### EXERCISE REQUIREMENTS
Show the lines of the material that contain the word "events".

##### WORKING DATA #####

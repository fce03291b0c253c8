//! Runs on lives, by what their reports and their waves say, and the texts that are refused.

use crate::reports::is_reported;
use abt_machine::Workload;
use abt_order::StoredOrder;
use abt_report::{TextFault, count_steps};
use abt_streams::{Wave, read_lives, run_lives};
use abt_work::AnyWork;
use abt_workload::read;
use std::alloc::Global;
use std::process::Abort;
use std::sync::Wait;
use std::test::Fail;
use std::thread::Threads;

// Two streams with a pool each, two eventuals and a mutex.
const PAIR: &str =
    "abt 1\nstreams 2\npool 0 fifo mpmc\npool 1 fifo mpmc\nsched 0 prio 0\nsched 1 prio 1\nstream 0 main 0\nstream 1 main 1\nobject 0 eventual\nobject 1 eventual\nobject 2 mutex\n";

// Three streams with a pool each, and four eventuals.
const TRIO: &str =
    "abt 1\nstreams 3\npool 0 fifo mpmc\npool 1 fifo mpmc\npool 2 fifo mpmc\nsched 0 prio 0\nsched 1 prio 1\nsched 2 prio 2\nstream 0 main 0\nstream 1 main 1\nstream 2 main 2\nobject 0 eventual\nobject 1 eventual\nobject 2 eventual\nobject 3 eventual\n";

// Eight streams with a pool each, and eight eventuals.
const EIGHT: &str =
    "abt 1\nstreams 8\npool 0 fifo mpmc\npool 1 fifo mpmc\npool 2 fifo mpmc\npool 3 fifo mpmc\npool 4 fifo mpmc\npool 5 fifo mpmc\npool 6 fifo mpmc\npool 7 fifo mpmc\nsched 0 prio 0\nsched 1 prio 1\nsched 2 prio 2\nsched 3 prio 3\nsched 4 prio 4\nsched 5 prio 5\nsched 6 prio 6\nsched 7 prio 7\nstream 0 main 0\nstream 1 main 1\nstream 2 main 2\nstream 3 main 3\nstream 4 main 4\nstream 5 main 5\nstream 6 main 6\nstream 7 main 7\nobject 0 eventual\nobject 1 eventual\nobject 2 eventual\nobject 3 eventual\nobject 4 eventual\nobject 5 eventual\nobject 6 eventual\nobject 7 eventual\n";

// A wave: how many events came before it, if that is stated, and its streams.
type Waved = (Option<u64>, &'static [u32]);

// A workload's first lines and what follows them, the lives, the report, and the waves.
type Row = (
    &'static str,
    &'static str,
    &'static str,
    &'static str,
    &'static [Waved],
);

static ROWS: [Row; 7] = [
    (
        PAIR,
        "units 2\nunit 0 ult at 0\ncreate 1 1\neset 0\nunit 1 ult later\nsay made\nend\n",
        "life 1 0 1\n",
        "unit 0 done:\nunit 1 done: made\ntally units 2 unborn 0 pool 0 stream 0 blocked 0 done 2 asked 0 access 0 steps 3\nfinished\n",
        &[(Some(0), &[0]), (Some(7), &[0, 1])],
    ),
    (
        PAIR,
        "units 2\nunit 0 ult at 0\ncreate 1 1\nunit 1 ult later\nsay made\nend\n",
        "life 1 0 1\n",
        "unit 0 done:\nunit 1 pool 1:\ntally units 2 unborn 0 pool 1 stream 0 blocked 0 done 1 asked 0 access 0 steps 1\nstuck\n",
        &[(None, &[0])],
    ),
    (
        PAIR,
        "units 2\nunit 0 ult at 0\nsay never\nunit 1 ult at 1\nsay never\nend\n",
        "life 0 0 1\nlife 1 1 0\n",
        "unit 0 pool 0:\nunit 1 pool 1:\ntally units 2 unborn 0 pool 2 stream 0 blocked 0 done 0 asked 0 access 0 steps 0\nstuck\n",
        &[(None, &[])],
    ),
    (
        TRIO,
        "units 4\nunit 0 ult at 0\ncreate 1 1\neset 0\nunit 1 ult later\nsay a\ncreate 2 2\neset 1\nunit 2 ult later\ncreate 3 1\nereset 1\nunit 3 ult later\nsay b\nend\n",
        "life 1 0 1\nlife 2 1 3\n",
        "unit 0 done:\nunit 1 done: a\nunit 2 done:\nunit 3 done: b\ntally units 4 unborn 0 pool 0 stream 0 blocked 0 done 4 asked 0 access 0 steps 8\nfinished\n",
        &[
            (None, &[0]),
            (None, &[0, 1]),
            (None, &[0, 2]),
            (None, &[0, 1]),
        ],
    ),
    (
        PAIR,
        "units 1\nunit 0 ult at 1\neset 1\nyield\nsay on\nend\n",
        "life 0 0 1\n",
        "unit 0 done: on\ntally units 1 unborn 0 pool 0 stream 0 blocked 0 done 1 asked 0 access 0 steps 3\nfinished\n",
        &[(None, &[1])],
    ),
    (
        PAIR,
        "units 2\nunit 0 ult at 0\ncreate 1 1\neset 0\nexit\nsay never\nunit 1 ult later\nsay made\nexit\nsay never\nend\n",
        "life 1 0 1\n",
        "unit 0 exited:\nunit 1 exited: made\ntally units 2 unborn 0 pool 0 stream 0 blocked 0 done 2 asked 0 access 0 steps 5\nfinished\n",
        &[(None, &[0]), (None, &[0, 1])],
    ),
    // each stream but the first is born by a unit of the one before it
    (
        EIGHT,
        "units 8\nunit 0 ult at 0\ncreate 1 1\neset 1\nunit 1 ult later\ncreate 2 2\neset 2\nunit 2 ult later\ncreate 3 3\neset 3\nunit 3 ult later\ncreate 4 4\neset 4\nunit 4 ult later\ncreate 5 5\neset 5\nunit 5 ult later\ncreate 6 6\neset 6\nunit 6 ult later\ncreate 7 7\neset 7\nunit 7 ult later\nsay last\nend\n",
        "life 1 1 0\nlife 2 2 0\nlife 3 3 0\nlife 4 4 0\nlife 5 5 0\nlife 6 6 0\nlife 7 7 0\n",
        "unit 0 done:\nunit 1 done:\nunit 2 done:\nunit 3 done:\nunit 4 done:\nunit 5 done:\nunit 6 done:\nunit 7 done: last\ntally units 8 unborn 0 pool 0 stream 0 blocked 0 done 8 asked 0 access 0 steps 15\nfinished\n",
        &[
            (None, &[0]),
            (None, &[0, 1]),
            (None, &[0, 1, 2]),
            (None, &[0, 1, 2, 3]),
            (None, &[0, 1, 2, 3, 4]),
            (None, &[0, 1, 2, 3, 4, 5]),
            (None, &[0, 1, 2, 3, 4, 5, 6]),
            (None, &[0, 1, 2, 3, 4, 5, 6, 7]),
        ],
    ),
];

// A workload in two parts.
static NO_UNITS: (&str, &str) = (PAIR, "units 0\nend\n");

// Texts that are refused, each at this line.
static FAULTS: [(&str, u32); 24] = [
    ("life 1 0 0\n", 1),
    ("life 1 0 1\nlife 1 1 0\n", 2),
    ("life 2 0 1\n", 1),
    ("life 1 0 2\n", 1),
    ("life 1 2 0\n", 1),
    ("life 1 0 3\n", 1),
    ("life 1 0 1", 1),
    ("life 0 0 1\nlife 1 0 1", 2),
    ("life 01 0 1\n", 1),
    ("life 1 00 1\n", 1),
    ("life 1 +0 1\n", 1),
    ("life 1  0 1\n", 1),
    ("life 1 0 1 \n", 1),
    (" life 1 0 1\n", 1),
    ("life\t1 0 1\n", 1),
    ("life 1 0\n", 1),
    ("life 1 0 1 1\n", 1),
    ("lives 1 0 1\n", 1),
    (";\n", 1),
    ("\r\n", 1),
    ("\n\nlife 1 0 0\n", 3),
    ("life 0 0 1\n \t\n\t# life 1 0 1\nlife 0 0 1\n", 4),
    ("#\nlife 1 0 1", 2),
    ("life 0 0 1\n\nlife 1 0 1\n# life\nlives\n", 5),
];

// Two lives among lines that are skipped.
const SKIPPED: &str = "\n# two streams\nlife 1 0 1\n \t#\n\t \nlife 0 1 0\n#";

fn is_wave(wave: &Wave, (from, streams): Waved) -> bool {
    let starts = match from {
        Some(events) => wave.from == events,
        None => true,
    };
    starts && wave.streams.items() == streams
}

fn are_waves(waves: &[Wave], wanted: &[Waved]) -> bool {
    waves.len() == wanted.len()
        && waves
            .iter()
            .zip(wanted)
            .all(|(wave, wanted)| is_wave(wave, *wanted))
}

// Whether a run on lives has this report and these waves.
#[tactic(auto, using(crate::proofs::Storing::stores_calls))]
fn is_run<R: Abort + Threads + Wait + Sync>(
    rt: &R,
    alloc: Global,
    w: &Workload,
    lives: &str,
    report: &str,
    waves: &[Waved],
) -> Result<bool, Fail> {
    assert!(rt; lives.len() < 10_000);
    let lives = read_lives(alloc, w, lives.as_bytes())?;
    let orders = [StoredOrder::rotating(), StoredOrder::mirroring()];
    w.known();
    let run = run_lives(rt, alloc, w, &lives, &orders, &AnyWork, 10_000)?;
    let steps = count_steps(run.journal.items());
    Ok(
        is_reported(alloc, w, steps, &run.picture, run.outcome, report)
            && are_waves(run.waves.items(), waves),
    )
}

// As `is_run`, of the workload of this text.
fn is_run_of<R: Abort + Threads + Wait + Sync>(
    rt: &R,
    alloc: Global,
    text: &str,
    lives: &str,
    report: &str,
    waves: &[Waved],
) -> Result<bool, Fail> {
    let w = read(alloc, text.as_bytes())?;
    is_run(rt, alloc, &w, lives, report, waves)
}

#[test]
fn runs_on_lives_end_as_reported(rt: HostRuntime) -> Result<(), Fail> {
    for (head, lines, lives, report, waves) in &ROWS {
        let text = format!(in rt.alloc(); "{head}{lines}")?;
        let is = is_run_of(&rt, rt.alloc(), &text, lives, report, waves)?;
        assert!(rt; is, "{lines}");
    }
    Ok(())
}

// How many lives a text has, if it is a text of lives.
fn count_lives(rt: &impl Abort, alloc: Global, w: &Workload, text: &str) -> Option<usize> {
    assert!(rt; text.len() < 10_000);
    match read_lives(alloc, w, text.as_bytes()) {
        Ok(lives) => Some(lives.items().len()),
        Err(_) => None,
    }
}

// The line at which a text is refused, if it is.
fn refused(rt: &impl Abort, alloc: Global, w: &Workload, text: &str) -> Option<u32> {
    assert!(rt; text.len() < 10_000);
    match read_lives(alloc, w, text.as_bytes()) {
        Err(TextFault::Bad { line }) => Some(line),
        _ => None,
    }
}

// The first text that is not refused at its line, if there is one.
fn other_than_refused(rt: &impl Abort, alloc: Global, w: &Workload) -> Option<&'static str> {
    for (text, line) in &FAULTS {
        if refused(rt, alloc, w, text) != Some(*line) {
            return Some(text);
        }
    }
    None
}

// No units over the two streams.
fn no_units(alloc: Global) -> Result<Workload, Fail> {
    let (head, rest) = NO_UNITS;
    let mut text = String::from_str(alloc, head)?;
    text.push_str(rest)?;
    Ok(read(alloc, text.as_bytes())?)
}

#[test]
fn lives_are_read_or_refused(rt: HostRuntime) -> Result<(), Fail> {
    let w = no_units(rt.alloc())?;
    let none = count_lives(&rt, rt.alloc(), &w, "");
    let two = count_lives(&rt, rt.alloc(), &w, "life 1 0 1\nlife 0 1 0\n");
    let skipped = count_lives(&rt, rt.alloc(), &w, SKIPPED);
    let other = other_than_refused(&rt, rt.alloc(), &w);
    assert!(rt;
        (none, two, skipped, other) == (Some(0), Some(2), Some(2), None),
        "{other:?}"
    );
    Ok(())
}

#####

### WORKED SOLUTION
// A wave: how many events came before it, if that is stated, and its streams.
        Some(events) => wave.from == events,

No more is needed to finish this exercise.